EXERCISE BRIEF =
Only the lines that include "their" should be copied from the data below.

------ RECORDS FOR THE TASK ------

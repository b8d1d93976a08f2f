//! `lint` over several files.

ghost use Rattle.std.specs.Prelude.{◌≡◌, ◌<◌, List, map, IfOk, IfErr, OnOk};
ghost use Rattle.bib_spec.specs.Text.{Text as FileText};
ghost use Rattle.bib_shelf.specs.Joined.{AreJoined, files_in};
ghost use Rattle.bib_shelf.specs.Faults.{AreAccepted, RefusesShelf};
ghost use Rattle.shelf_run.specs.Answers.{LintsShelf};

use crate::messages::name_of;
use aux_text::AuxKeys;
use bib_answers::{Answer, NamedFiles, lint_fault, lint_in};
use bib_scan::ReadFault;
use bib_shelf::{Joined, Shelf, ShelfFault, file_in};
use bib_store::Paged;
use bib_text::Text;
use std::alloc::{AllocError, Global};

/// What is wrong with files with these names, read as one, and which of the keys that these aux files cite no entry has. Findings
/// with one of the ignored codes are left out.
pub fn answer_lint(
    alloc: Global,
    names: &[Text],
    joined: &Joined,
    ignored: &[Text],
    cited: &[AuxKeys],
) -> Result<Answer, AllocError>
    requires { (files : List FileText) × AreJoined files joined.now }
    ensures { IfOk result (λ answer. (files : List FileText) → AreJoined files joined.now → LintsShelf ignored.now cited.now names.now files answer) }
{
    let (text, spans) = (joined.text.as_slice(), joined.spans.as_slice());
    match open_beside(alloc, joined) {
        Ok(shelf) => {
            let db = shelf.database();
            let files = NamedFiles::new(names, db, shelf.spans());
            lint_in(alloc, db, &files, ignored, cited)
        }
        Err(fault) => {
            let read = ReadFault {
                kind: fault.kind,
                place: fault.place,
            };
            if fault.is_memory() {
                return Err(AllocError);
            }
            lint_fault(
                alloc,
                name_of(names, fault.file),
                file_in(text, spans, fault.file),
                read,
            )
        }
    }
}

/// Opens the files as one, and keeps the text in which they are joined.
fn open_beside(alloc: Global, joined: &Joined) -> Result<Shelf<Paged>, ShelfFault>
    requires { (files : List FileText) × AreJoined files joined.now }
    ensures opened { IfOk result (λ shelf. shelf ≡ joined.now) }
    ensures files { OnOk result ((files : List FileText) → AreJoined files joined.now → AreAccepted files) }
    ensures fault { IfErr result (λ fault. (files : List FileText) → AreJoined files joined.now → RefusesShelf files fault.kind fault.place fault.file) }
{
    let files = files_of(alloc, joined)?;
    Shelf::open(alloc, files.as_slice(), Paged::new(alloc))
}

/// The bytes of each file.
fn files_of(alloc: Global, joined: &Joined) -> Result<Vec<&[u8]>, AllocError>
    requires { (files : List FileText) × AreJoined files joined.now }
    ensures { IfOk result (λ files. map (λ file. file.now) files.items ≡ files_in joined.now.spans joined.now.text) }
{
    let (text, spans) = (joined.text.as_slice(), joined.spans.as_slice());
    let mut files = Vec::with_capacity(alloc, spans.len())?;
    'files: for i in 0..spans.len() {
        files.push(file_in(text, spans, i))?;
    }
    Ok(files)
}
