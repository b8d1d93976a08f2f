//! Runs a command over several files that are read as one. It knows what each command that reads other files too answers to their
//! text; it reads no file, and stores nothing. It promises that output, message and status are a stated function of the bytes of the
//! files, and that each place that is told is one of the file that is named with it.
#![tactic(auto)]

mod answering;
mod engine;
mod linting;
mod messages;

pub use answering::answer_shelf;
pub use bib_shelf::Joined;
pub use engine::run_shelf;
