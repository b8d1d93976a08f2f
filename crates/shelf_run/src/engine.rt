//! One run of a command over several files: the answer is made, then it is written.

ghost use Rattle.std.specs.Prelude.{◌≡◌, true, List};
ghost use Rattle.bib_spec.specs.Text.{Text as FileText};
ghost use Rattle.bib_words.specs.Command.{IsCommand, has_others};
ghost use Rattle.bib_shelf.specs.Joined.{AreJoined};
ghost use Rattle.bib_run.specs.Views.{view_of};
ghost use Rattle.shelf_run.specs.Runs.{IsShelfRun};

use crate::answering::answer_shelf;
use bib_answers::{Outcome, outcome_of};
use bib_run::{Tap, write_answer};
use bib_shelf::Joined;
use bib_text::Text;
use bib_words::{Command, status};
use std::alloc::Global;
use std::io::Write;

/// Runs a command that names other files over all its files, which have these names, in the order in which they are read, and
/// its output. The files were read by the caller; their text is kept once, and once more for `lint`. It makes interrupted
/// calls again, up to 100 times. It runs out of memory only before anything is written.
pub fn run_shelf<W: Write>(
    alloc: Global,
    command: &Command,
    names: &[Text],
    files: Joined,
    out: &mut Tap<W>,
) -> Outcome
    requires command { IsCommand command.now }
    requires others { has_others command.now ≡ true }
    requires joined { (texts : List FileText) × AreJoined texts files }
    ensures { (texts : List FileText) → AreJoined texts files → IsShelfRun command.now names.now texts (view_of W.contents out.old) (view_of W.contents out.new) result }
{
    match answer_shelf(alloc, command, names, files) {
        Ok(answer) => write_answer(alloc, answer, out),
        Err(_) => outcome_of(Text::empty(alloc), status::MEMORY),
    }
}
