//! What each command answers to several files that are read as one.

ghost use Rattle.std.specs.Prelude.{◌≡◌, true, List, ◌-◌, ◌<◌, IfOk};
ghost use Rattle.bib_spec.specs.Text.{Text as FileText};
ghost use Rattle.bib_store.specs.Readings.{OfReading};
ghost use Rattle.bib_words.specs.Command.{IsCommand, HasItsWords, has_others};
ghost use Rattle.bib_words.specs.declared.verbs.Question.TheVariants.{Json};
ghost use Rattle.bib_words.specs.declared.verbs.Verb.TheVariants.{Names};
ghost use Rattle.bib_words.specs.Verbs.{shape, question_shape, takes_others};
ghost use Rattle.bib_shelf.specs.Joined.{AreJoined};
ghost use Rattle.bib_answers.specs.Names.{AnswersNames};
ghost use Rattle.bib_run.specs.Answers.{key_word, template_word};
ghost use Rattle.shelf_run.specs.Answers.{shelf_answer, AnswersShelf, ShelfAnswers, IsShelfAnswer};

use crate::linting::answer_lint;
use crate::messages::unread_in;
use bib_answers::{
    Answer, NamedFiles, check_in, cite_in, entries_in, extract_in, json_in, labels_in, names_in,
    newkeys_in, show_in,
};
use bib_run::ris_in;
use bib_shelf::{Joined, Shelf};
use bib_store::Paged;
use bib_text::Text;
use bib_words::{Command, Question, Verb};
use std::alloc::{AllocError, Global};

/// What a command that names other files answers to all its files, which have these names, in the order in which they are read.
/// It reads and writes nothing, and is refused only if memory runs out.
pub fn answer_shelf(
    alloc: Global,
    command: &Command,
    names: &[Text],
    files: Joined,
) -> Result<Answer, AllocError>
    requires command { IsCommand command.now }
    requires others { has_others command.now ≡ true }
    requires joined { (texts : List FileText) × AreJoined texts files }
    ensures { IfOk result (λ answer. (texts : List FileText) → AreJoined texts files → IsShelfAnswer command.now names.now texts answer) }
{
    match command.verb() {
        Some(verb) => answer_verb(alloc, verb, command, names, files),
        None => unreachable!(),
    }
}

/// What each command that takes other files answers.
fn answer_verb(
    alloc: Global,
    verb: Verb,
    command: &Command,
    names: &[Text],
    files: Joined,
) -> Result<Answer, AllocError>
    requires words { HasItsWords (shape verb) command.now }
    requires others { takes_others verb ≡ true }
    requires joined { (texts : List FileText) × AreJoined texts files }
    ensures { IfOk result (λ answer. (texts : List FileText) → AreJoined texts files → ShelfAnswers verb command.now names.now texts answer) }
{
    match verb {
        Verb::Asks(question) => answer_question(alloc, question, command, names, files),
        Verb::Lint => {
            let ignored = command.words_after_file();
            answer_lint(alloc, names, &files, ignored, command.cited.as_slice())
        }
        Verb::Names => answer_names(alloc, command, names, files),
        _ => unreachable!(),
    }
}

/// What a command answers to what the files say together.
fn answer_question(
    alloc: Global,
    question: Question,
    command: &Command,
    names: &[Text],
    files: Joined,
) -> Result<Answer, AllocError>
    requires words { HasItsWords (question_shape question) command.now }
    requires joined { (texts : List FileText) × AreJoined texts files }
    ensures { IfOk result (λ answer. (texts : List FileText) → AreJoined texts files → AnswersShelf (λ db now. now ≡ shelf_answer question command.now names.now texts db) names.now texts answer) }
{
    match Shelf::open_joined(alloc, files, Paged::new(alloc)) {
        Ok(shelf) => question_answer(alloc, question, command, names, &shelf),
        Err(fault) => unread_in(alloc, names, fault),
    }
}

/// What a command answers to files that are open as one.
fn question_answer(
    alloc: Global,
    question: Question,
    command: &Command,
    names: &[Text],
    shelf: &Shelf<Paged>,
) -> Result<Answer, AllocError>
    requires words { HasItsWords (question_shape question) command.now }
    requires joined { (texts : List FileText) × AreJoined texts shelf.now }
    ensures { IfOk result (λ answer. (texts : List FileText) → AreJoined texts shelf.now → OfReading shelf.now.text (λ r. answer ≡ shelf_answer question command.now names.now texts r)) }
{
    let db = shelf.database();
    let (depth, n) = (command.depth, command.n);
    match question {
        Question::Check => check_in(alloc, db, shelf.file_count().saturating_sub(1)),
        Question::Show => show_in(alloc, db, command.word(1), depth),
        Question::Entry => entries_in(alloc, db, command.words_after_file(), command.at),
        Question::Cite => {
            let keys = command.words_after_file();
            cite_in(alloc, db, keys, n, command.strict)
        }
        Question::Labels => labels_in(alloc, db, command.words_after_file(), depth),
        Question::Json => json_of(alloc, command, names, shelf),
        Question::NewKeys => newkeys_in(alloc, db, depth),
        Question::Ris => {
            let keys = command.words_after_file();
            ris_in(alloc, db, keys, depth, command.dropped, command.plain)
        }
        Question::Extract => extract_in(alloc, db, command.words_after_file()),
    }
}

/// What `json` answers to files that are open as one.
fn json_of(
    alloc: Global,
    command: &Command,
    names: &[Text],
    shelf: &Shelf<Paged>,
) -> Result<Answer, AllocError>
    requires words { HasItsWords (question_shape Json) command.now }
    requires joined { (texts : List FileText) × AreJoined texts shelf.now }
    ensures { IfOk result (λ answer. (texts : List FileText) → AreJoined texts shelf.now → OfReading shelf.now.text (λ r. answer ≡ shelf_answer Json command.now names.now texts r)) }
{
    let db = shelf.database();
    let files = NamedFiles::new(names, db, shelf.spans());
    json_in(
        alloc,
        db,
        Some(&files),
        command.words_after_file(),
        command.depth,
        command.raw,
    )
}

/// What `names` answers to what the files say together.
fn answer_names(
    alloc: Global,
    command: &Command,
    names: &[Text],
    files: Joined,
) -> Result<Answer, AllocError>
    requires words { HasItsWords (shape Names) command.now }
    requires joined { (texts : List FileText) × AreJoined texts files }
    ensures { IfOk result (λ answer. (texts : List FileText) → AreJoined texts files → AnswersShelf (AnswersNames command.now.depth (key_word command.now) (template_word command.now)) names.now texts answer) }
{
    let (key, template) = (command.word(1), command.word(2));
    match Shelf::open_joined(alloc, files, Paged::new(alloc)) {
        Ok(shelf) => names_in(alloc, shelf.database(), key, command.depth, template),
        Err(fault) => unread_in(alloc, names, fault),
    }
}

------

TASK RESPONSE =
//! Runs a command over several files that are read as one. It knows what each command that reads other files too answers to their
/// its output. The files were read by the caller; their text is kept once, and once more for `lint`. It makes interrupted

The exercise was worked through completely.